Après analyse, les chercheurs ont constaté que les participants souffrant de TUA présentaient un regain d’épaisseur corticale généralisé, après 7,3 mois d’abstinence. L’épaisseur était statistiquement significative au niveau de 25 des 34 régions examinées et était comparable à celle des témoins sains dans 24 d’entre elles. D’autre part, ce rétablissement était particulièrement accéléré au cours du premier mois d’abstinence.
Les experts ont également évalué de quelle manière certains problèmes de santé sous-jacents pouvaient influencer le niveau de rétablissement. En effet, de précédentes recherches ont suggéré que ce taux de récupération était non seulement influencé par l’âge et le sexe, mais également par les troubles médicaux, psychiatriques et liés à la consommation de substances psychoactives, ainsi que par le tabagisme chronique. En outre, les personnes atteintes de TUA présentant des pathologies proathérogène (hypertension, diabète sucré de type 2, séropositivité à l’hépatite C et/ou hyperlipidémie) présentaient un amincissement cortical plus important, suggérant que ces conditions peuvent entraver leur rétablissement.
Il a été constaté que les 34 régions corticales gagnaient plus rapidement en épaisseur lorsque les participants fumeurs arrêtaient de fumer, avec un niveau significatif de récupération dès une semaine d’abstinence (d’alcool). Ce rétablissement était en revanche ralenti chez les personnes TUA qui ont continué à fumer, ainsi que celles souffrant d’hypertension artérielle ou d’hypercholestérolémie. En revanche, aucune influence notable n’a été observée pour celles présentant des troubles psychiatriques ou un tabagisme antérieur.

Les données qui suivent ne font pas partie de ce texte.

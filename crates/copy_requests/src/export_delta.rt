//! Export, version 1: the delta of a partition.

ghost use Rattle.std.specs.Prelude.{◌≡◌, ◌&&◌, int_le, int_lt, pos, true, IfOk, OnOk, OnErr};
ghost use Rattle.request_frames.specs.ExportDelta.{export_delta_view};
ghost use Rattle.copy_images.specs.Reading.{are_runs};
ghost use Rattle.answering.specs.Codes.{no_error};
ghost use Rattle.answering.specs.Doing.{DoesWork};
ghost use Rattle.answering.specs.Once.{WritesOnce};
ghost use Rattle.copy_requests.specs.Export.{export_sent};
ghost use Rattle.cover_ranges.specs.declared.TheConstants.{OFFSETS_END};
ghost use Rattle.copy_requests.specs.ExportDelta.{export_delta_work};
ghost use Rattle.copy_requests.specs.ExportDelta.Sending.{IsDeltaFor};

use crate::export::{MAX_EXPORT_BYTES, put_answer};
use answering::ErrorCode;
use broker_state::BrokerState;
use copy_deltas::{has_delta_within, write_delta};
use cover_ranges::{Cover, OFFSETS_END};
use partition_log::PartitionLog;
use request_frames::{AskedRange, ExportDeltaRequest};
use segment::BatchStore;
use std::alloc::{AllocError, Allocator};

/// Whether a range holds offsets alone, and begins at `least` or later.
fn is_run_from(range: &AskedRange, least: i64) -> bool
    ensures { result ≡ (int_le least range.now.first
        && int_le range.now.first range.now.last && int_lt range.now.last OFFSETS_END) }
{
    least <= range.first && range.first <= range.last && range.last < OFFSETS_END
}

/// Whether the asked ranges are the maximal ranges of a set of offsets.
fn are_runs(request: &ExportDeltaRequest<'_>) -> bool
    ensures { result ≡ are_runs (pos 0) (export_delta_view request.now).asked }
{
    // The least offset that the next range may begin at.
    let mut least = 0;
    for range in request.asked.duplicate() {
        if !is_run_from(&range, least) {
            return false;
        }
        least = range.last + 2;
    }
    true
}

/// The set of the asked offsets.
fn cover_of<A: Allocator + Copy>(
    alloc: A,
    request: &ExportDeltaRequest<'_>,
) -> Result<Cover<A>, AllocError>
    requires { are_runs (pos 0) (export_delta_view request.now).asked ≡ true }
    ensures { IfOk result (λ cover. cover.runs ≡ (export_delta_view request.now).asked) }
{
    let mut cover = Cover::new(alloc);
    for range in request.asked.duplicate() {
        cover.insert(range.first, range.last)?;
    }
    Ok(cover)
}

/// The delta of a copy for what was asked.
fn delta_for<S: BatchStore, A: Allocator + Copy>(
    alloc: A,
    copy: &PartitionLog<S>,
    asked: &Cover<A>,
) -> Result<Vec<u8, A>, ErrorCode>
    ensures { IsDeltaFor copy.now asked.now.runs result }
{
    if !has_delta_within(copy, asked, MAX_EXPORT_BYTES) {
        return Err(ErrorCode::MessageTooLarge);
    }
    match write_delta(alloc, copy, asked) {
        Ok(delta) => Ok(delta),
        Err(_) => Err(ErrorCode::StorageError),
    }
}

/// The delta of a partition for what was asked.
fn delta_of_partition<S: BatchStore, A: Allocator + Copy>(
    state: &BrokerState<S>,
    request: &ExportDeltaRequest<'_>,
    alloc: A,
) -> Result<Vec<u8, A>, ErrorCode>
    ensures { DoesWork (export_delta_work state.now (export_delta_view request.now))
        (λ delta. record { code = no_error; sent = delta.items }) result state.now state.now }
{
    let Some(copy) = state.log(request.topic, request.partition) else {
        return Err(ErrorCode::UnknownTopicOrPartition);
    };
    if !are_runs(request) {
        return Err(ErrorCode::InvalidRequest);
    }
    match cover_of(alloc, request) {
        Ok(asked) => delta_for(alloc, copy, &asked),
        Err(_) => Err(ErrorCode::StorageError),
    }
}

/// Appends the response to an Export request of version 1. It changes nothing else.
///
/// Where there is no memory for the set of the asked offsets or for the delta, the answer is the error
/// code of a storage error.
///
/// # Errors
///
/// `AllocError` where there is no memory for the response; the output is then as before.
pub fn reply_to_export_delta<S: BatchStore, A: Allocator + Copy>(
    state: &BrokerState<S>,
    correlation: i32,
    request: &ExportDeltaRequest<'_>,
    out: &mut Vec<u8, A>,
) -> Result<(), AllocError>
    ensures responds { OnOk result (WritesOnce (export_sent correlation)
        (export_delta_work state.now (export_delta_view request.now)) state.now
        out.old.items out.new.items state.now) }
    ensures unchanged_on_error { OnErr result (out.new.items ≡ out.old.items) }
{
    let alloc = *out.allocator();
    match delta_of_partition(state, request, alloc) {
        Ok(delta) => put_answer(correlation, 0, &delta, out),
        Err(fault) => put_answer(correlation, fault.number(), &[], out),
    }
}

Toutefois, ces résultats ne sont peut-être pas généralisables, étant donné la taille réduite des échantillons, sans compter que d’autres facteurs tels que l’âge et le sexe n’ont pas été considérés dans les analyses. La génétique, l’activité physique et la santé hépatique et pulmonaire pourraient également influencer les résultats, mais n’ont pas été prises en compte dans l’étude.
Par ailleurs, les effets exacts de ces changements sur les fonctions cérébrales n’ont pas été précisés. Néanmoins, « ces données fournissent des informations cliniquement pertinentes sur les effets bénéfiques d’une sobriété soutenue sur la morphologie du cerveau humain et renforcent les effets adaptatifs de la récupération basée sur l’abstinence dans le TUA », concluent les experts dans leur document.